Underneath the graph, the two percentages indicate how the Baseline model performs on the Training Set and the Validation Set in terms of Loss. The Loss on the Validation Set is the most significant value because it indicates how the Baseline model performs on new pages that it has not been trained on. Results with a Loss of 10% or below mean that the Baseline model is effective.

To apply the trained Baseline model to your documents, go to the “Tools” tab.
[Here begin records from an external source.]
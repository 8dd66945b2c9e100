//! Answers of calls.

ghost use Rattle.std.specs.Prelude.{◌≡◌, ◌<◌, ◌≤◌, ◌-◌, ◌^◌, ◌++◌, ℕ, List, Option, length, drop, bit_and, false, Some, Ok, Err, MatchOption};
ghost use Rattle.vfs_flags.specs.Flags.{known_fs_options};
ghost use Rattle.vfs_files.specs.Calls.{Getattr, Init, Lookup, Read};
ghost use Rattle.vfs_files.specs.declared.entry.Context.{Context};
ghost use Rattle.vfs_grammar.specs.Listing.{Listing};
ghost use Rattle.vfs_grammar.specs.Limits.{AreLimits};
ghost use Rattle.vfs_grammar.specs.Options.{agreed};
ghost use Rattle.vfs_grammar.specs.Reply.{Bytes, Echo, fault_reply};
ghost use Rattle.vfs_messages.specs.Rooms.{Replies};
ghost use Rattle.vfs_segments.specs.Written.{whole};
ghost use Rattle.codec_calls.specs.declared.data.AnswerData.{AnswerData};
ghost use Rattle.codec_encode.specs.Told.{ListingIsAnswered, TellsCall, TellsEcho, TellsListing};

use crate::answered::Answered;
use crate::call::answer;
use codec_calls::{AnswerData, CallData, EntryData, ItemData};
use vfs_grammar::{Error, Limits};
use vfs_segments::Writer;

/// Answers a GETATTR by the fault EIO, which is 5.
fn refuse_getattr(limits: Limits, call: &CallData, w: &mut Writer) -> Option<Answered>
    requires limits { AreLimits limits }
    requires room { length w.old.left ≡ call.now.room }
    ensures { (echo : Echo) (ctx : Context) (node : ℕ) (handle : Option ℕ) →
        TellsEcho call.now echo → TellsCall call.now (Getattr ctx node handle) →
        MatchOption result ⊥ (λ came.
        Replies (Bytes (fault_reply (Some 5) echo.unique)) w.old came.outcome w.new
        × (came.options ≡ call.now.options) × (came.given ≡ 0) × (came.taken ≡ 0)) }
{
    let refusal = AnswerData {
        error: 5,
        ..AnswerData::default()
    };
    answer(limits, call, &refusal, &[], &[], w)
}

/// Answers a LOOKUP by an entry for which there is no room: it is to be given back.
fn find_without_room(limits: Limits, call: &CallData, node: u64, w: &mut Writer) -> Option<Answered>
    requires limits { AreLimits limits }
    requires room { length w.old.left ≡ call.now.room }
    requires small { length w.old.left < 144 }
    ensures { (echo : Echo) (ctx : Context) (parent : ℕ) (name : List ℕ) →
        TellsEcho call.now echo → TellsCall call.now (Lookup ctx parent name) →
        MatchOption result ⊥ (λ came.
        (came.given ≡ node) × (came.outcome ≡ Err Error.EncodeMessage)) }
{
    let entry = EntryData {
        node,
        ..EntryData::default()
    };
    let found = AnswerData {
        error: 0,
        entry,
        ..AnswerData::default()
    };
    answer(limits, call, &found, &[], &[], w)
}

/// Answers an INIT that these options are wanted: of those that it offers they are agreed on, with
/// those that the server supports.
fn agree(limits: Limits, call: &CallData, want: u64, w: &mut Writer) -> Option<Answered>
    requires limits { AreLimits limits }
    requires room { length w.old.left ≡ call.now.room }
    ensures { (echo : Echo) (offered : ℕ) →
        TellsEcho call.now echo → TellsCall call.now (Init offered) →
        MatchOption result ⊥ (λ came.
        came.options ≡ agreed offered (bit_and want known_fs_options)) }
{
    let wanted = AnswerData {
        error: 0,
        count: want,
        ..AnswerData::default()
    };
    answer(limits, call, &wanted, &[], &[], w)
}

/// Answers a READ whose data are in the room already, after the place of the header: they stay, whatever is said of
/// them.
fn read_data(limits: Limits, call: &CallData, said: &AnswerData, w: &mut Writer) -> Option<Answered>
    requires limits { AreLimits limits }
    requires room { length w.old.left ≡ call.now.room }
    requires header { 16 ≤ length w.old.left }
    ensures { (echo : Echo) (ctx : Context) (node handle space size offset flags : ℕ) (owner : Option ℕ) →
        TellsEcho call.now echo →
        TellsCall call.now (Read ctx node handle space size offset owner flags) →
        MatchOption result ⊥ (λ came. (header : List ℕ) × (length header ≡ 16)
        × (whole w.new ≡ w.old.passed ++ (header ++ drop 16 w.old.left))) }
{
    answer(limits, call, said, &[], &[], w)
}

/// Answers a READDIR or READDIRPLUS of these items, and hands back those that are not in the reply:
/// of a READDIRPLUS their lookups are to be given back.
fn list_and_rest<'a>(
    limits: Limits,
    call: &CallData,
    items: &'a [ItemData<'a>],
    w: &mut Writer,
) -> &'a [ItemData<'a>]
    requires limits { AreLimits limits }
    requires room { length w.old.left ≡ call.now.room }
    requires header { 16 ≤ length w.old.left }
    requires short { call.now.size < 2 ^ 32 - 16 }
    ensures { (echo : Echo) (listing : Listing) →
        TellsEcho call.now echo → TellsListing call.now listing →
        (a : AnswerData) × (came : Answered)
        × ListingIsAnswered limits echo listing call.now.options a items.now w.old came w.new
        × (result.now ≡ drop came.taken items.now) }
{
    let opened = AnswerData::default();
    match answer(limits, call, &opened, &[], items, w) {
        Some(came) => &items[came.taken..],
        None => items,
    }
}

/// Answers a READDIR of one item of the name "a", whose record of 32 bytes has room: it is in the
/// reply.
fn list_one(limits: Limits, call: &CallData, w: &mut Writer) -> Option<Answered>
    requires limits { AreLimits limits }
    requires room { length w.old.left ≡ call.now.room }
    requires space { 48 ≤ length w.old.left }
    requires size { 32 ≤ call.now.size }
    requires short { call.now.size < 2 ^ 32 - 16 }
    ensures { (echo : Echo) (listing : Listing) →
        TellsEcho call.now echo → TellsListing call.now listing → listing.plus ≡ false →
        MatchOption result ⊥ (λ came.
        (came.taken ≡ 1) × (came.given ≡ 0) × (came.outcome ≡ Ok 48)) }
{
    let opened = AnswerData {
        error: 0,
        ..AnswerData::default()
    };
    let item = ItemData {
        ino: 5,
        offset: 1,
        name: b"a\0".as_slice(),
        entry: EntryData::default(),
        type_: 8,
        error: 0,
    };
    answer(limits, call, &opened, &[], &[item], w)
}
Under the “Layout Analysis” top section, click “Configure”. The “Layout Analysis Configuration” window pops up: here, you can choose the Baselines model you trained.

In combination with the Baselines model, it is also possible to change the Layout Analysis settings (minimal baseline length; baseline accuracy threshold; use trained separators; max-dist for merging baselines; number of text regions). Read more about those settings on the Automatic Layout Recognition page.

Finally, click the “OK” button at the bottom of the “Layout Analysis Configuration” window. Your trained model has now been selected. 

In the “Tools” tab, choose the pages on which to segment and click the “Run” button: the Layout Analysis job will now start. You can check its progress by clicking on the “Jobs” button under the “Server” tab. Once the job is finished, reload the page/pages and the text regions and baselines will appear in the images. No credit will be used to apply the Baseline model to your documents.